● **Aim of the task**
The entries below should be output exactly as written.

(Stored data)
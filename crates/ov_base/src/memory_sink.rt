//! A sink in memory that keeps what it takes, and whose calls fail where planned.

ghost use Rattle.std.specs.Prelude.{◌≡◌, ◌<◌, [], Some, IsTrue, length};
ghost use Rattle.ov_base.specs.Outside.{TookFits, WriteAdds, TookCause};
ghost use Rattle.ov_base.specs.InMemory.{is_planned, TakesMost, sink_after};

use crate::failures::Failures;
use crate::list::ListOf;
use crate::sink::{Sink, Took};
use std::alloc::Global;
use std::marker::Model;

/// Takes bytes in pieces and keeps them. It fails at the calls whose numbers it was made with. Any other
/// call may fail too, for want of memory for what it is to keep, which no clause ties to a cause: it
/// then takes nothing, and its fault is counted like a planned one.
#[derive(Debug, Drop)]
pub struct MemorySink {
    written: Vec<u8>,
    piece: usize,
    failures: Failures,
}

impl Model for MemorySink {
    ghost use Rattle.std.specs.Prelude.{◌<◌};
    ghost use Rattle.ov_base.specs.InMemory.{SinkState};

    ghost Value = { SinkState };

    ghost view = { λ s. record { written = s.written.items; piece = s.piece; failures = s.failures } };

    ghost invariant = { λ s. 0 < s.piece };
}

impl MemorySink {
    /// An empty sink that takes at most `piece` bytes a call, and fails at each call whose number
    /// is in `failing`. The first call has the number 0. `piece` is at least 1.
    pub fn new(alloc: Global, piece: usize, failing: ListOf<u64>) -> MemorySink
        requires { 0 < piece }
        ensures written { result.written ≡ [] }
        ensures piece { result.piece ≡ piece }
        ensures failures { result.failures ≡ record { planned = failing; calls = 0; faults = 0 } }
    {
        MemorySink {
            written: Vec::new(alloc),
            piece,
            failures: Failures::new(failing),
        }
    }

    /// What it has taken.
    pub fn written(&self) -> &[u8]
        ensures { result.now ≡ self.now.written }
    {
        self.written.as_slice()
    }
}

impl Sink for MemorySink {
    ghost use Rattle.std.specs.Prelude.{Some};

    ghost written = { λ s. Some s.written };

    ghost faults = { λ s. s.failures.faults };

    fn write(&mut self, piece: &[u8]) -> Took
        requires { 0 < length piece.now }
        ensures fits { TookFits result piece.now }
        ensures bytes { WriteAdds (Some self.old.written) (Some self.new.written) result piece.now }
        ensures cause { TookCause self.old.failures.faults self.new.failures.faults result }
        ensures planned { IsTrue (is_planned self.old.failures) → result ≡ Took.Failed }
        ensures count { TakesMost self.old.piece piece.now result }
        ensures after { self.new ≡ sink_after self.old piece.now result }
    {
        if self.failures.count_call() {
            return Took::Failed;
        }
        let count = self.piece.min(piece.len());
        match self.written.extend_from_slice(&piece[..count]) {
            Ok(()) => Took::Bytes(count),
            Err(_) => {
                self.failures.count_fault();
                Took::Failed
            }
        }
    }
}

● **Expected answer**
filename crates/ov_base/src/memory_sink.rt
//! A sink in memory that keeps what it takes, and whose calls fail where planned.

ghost use Rattle.std.specs.Prelude.{◌≡◌, ◌<◌, [], Some, IsTrue, length};
ghost use Rattle.ov_base.specs.Outside.{TookFits, WriteAdds, TookCause};
ghost use Rattle.ov_base.specs.InMemory.{is_planned, TakesMost, sink_after};

use crate::failures::Failures;
use crate::list::ListOf;
use crate::sink::{Sink, Took};
use std::alloc::Global;
use std::marker::Model;

/// Takes bytes in pieces and keeps them. It fails at the calls whose numbers it was made with. Any other
/// call may fail too, for want of memory for what it is to keep, which no clause ties to a cause: it
/// then takes nothing, and its fault is counted like a planned one.
#[derive(Debug, Drop)]
pub struct MemorySink {
    written: Vec<u8>,
    piece: usize,
    failures: Failures,
}

impl Model for MemorySink {
    ghost use Rattle.std.specs.Prelude.{◌<◌};
    ghost use Rattle.ov_base.specs.InMemory.{SinkState};

    ghost Value = { SinkState };

    ghost view = { λ s. record { written = s.written.items; piece = s.piece; failures = s.failures } };

    ghost invariant = { λ s. 0 < s.piece };
}

impl MemorySink {
    /// An empty sink that takes at most `piece` bytes a call, and fails at each call whose number
    /// is in `failing`. The first call has the number 0. `piece` is at least 1.
    pub fn new(alloc: Global, piece: usize, failing: ListOf<u64>) -> MemorySink
        requires { 0 < piece }
        ensures written { result.written ≡ [] }
        ensures piece { result.piece ≡ piece }
        ensures failures { result.failures ≡ record { planned = failing; calls = 0; faults = 0 } }
    {
        MemorySink {
            written: Vec::new(alloc),
            piece,
            failures: Failures::new(failing),
        }
    }

    /// What it has taken.
    pub fn written(&self) -> &[u8]
        ensures { result.now ≡ self.now.written }
    {
        self.written.as_slice()
    }
}

impl Sink for MemorySink {
    ghost use Rattle.std.specs.Prelude.{Some};

    ghost written = { λ s. Some s.written };

    ghost faults = { λ s. s.failures.faults };

    fn write(&mut self, piece: &[u8]) -> Took
        requires { 0 < length piece.now }
        ensures fits { TookFits result piece.now }
        ensures bytes { WriteAdds (Some self.old.written) (Some self.new.written) result piece.now }
        ensures cause { TookCause self.old.failures.faults self.new.failures.faults result }
        ensures planned { IsTrue (is_planned self.old.failures) → result ≡ Took.Failed }
        ensures count { TakesMost self.old.piece piece.now result }
        ensures after { self.new ≡ sink_after self.old piece.now result }
    {
        if self.failures.count_call() {
            return Took::Failed;
        }
        let count = self.piece.min(piece.len());
        match self.written.extend_from_slice(&piece[..count]) {
            Ok(()) => Took::Bytes(count),
            Err(_) => {
                self.failures.count_fault();
                Took::Failed
            }
        }
    }
}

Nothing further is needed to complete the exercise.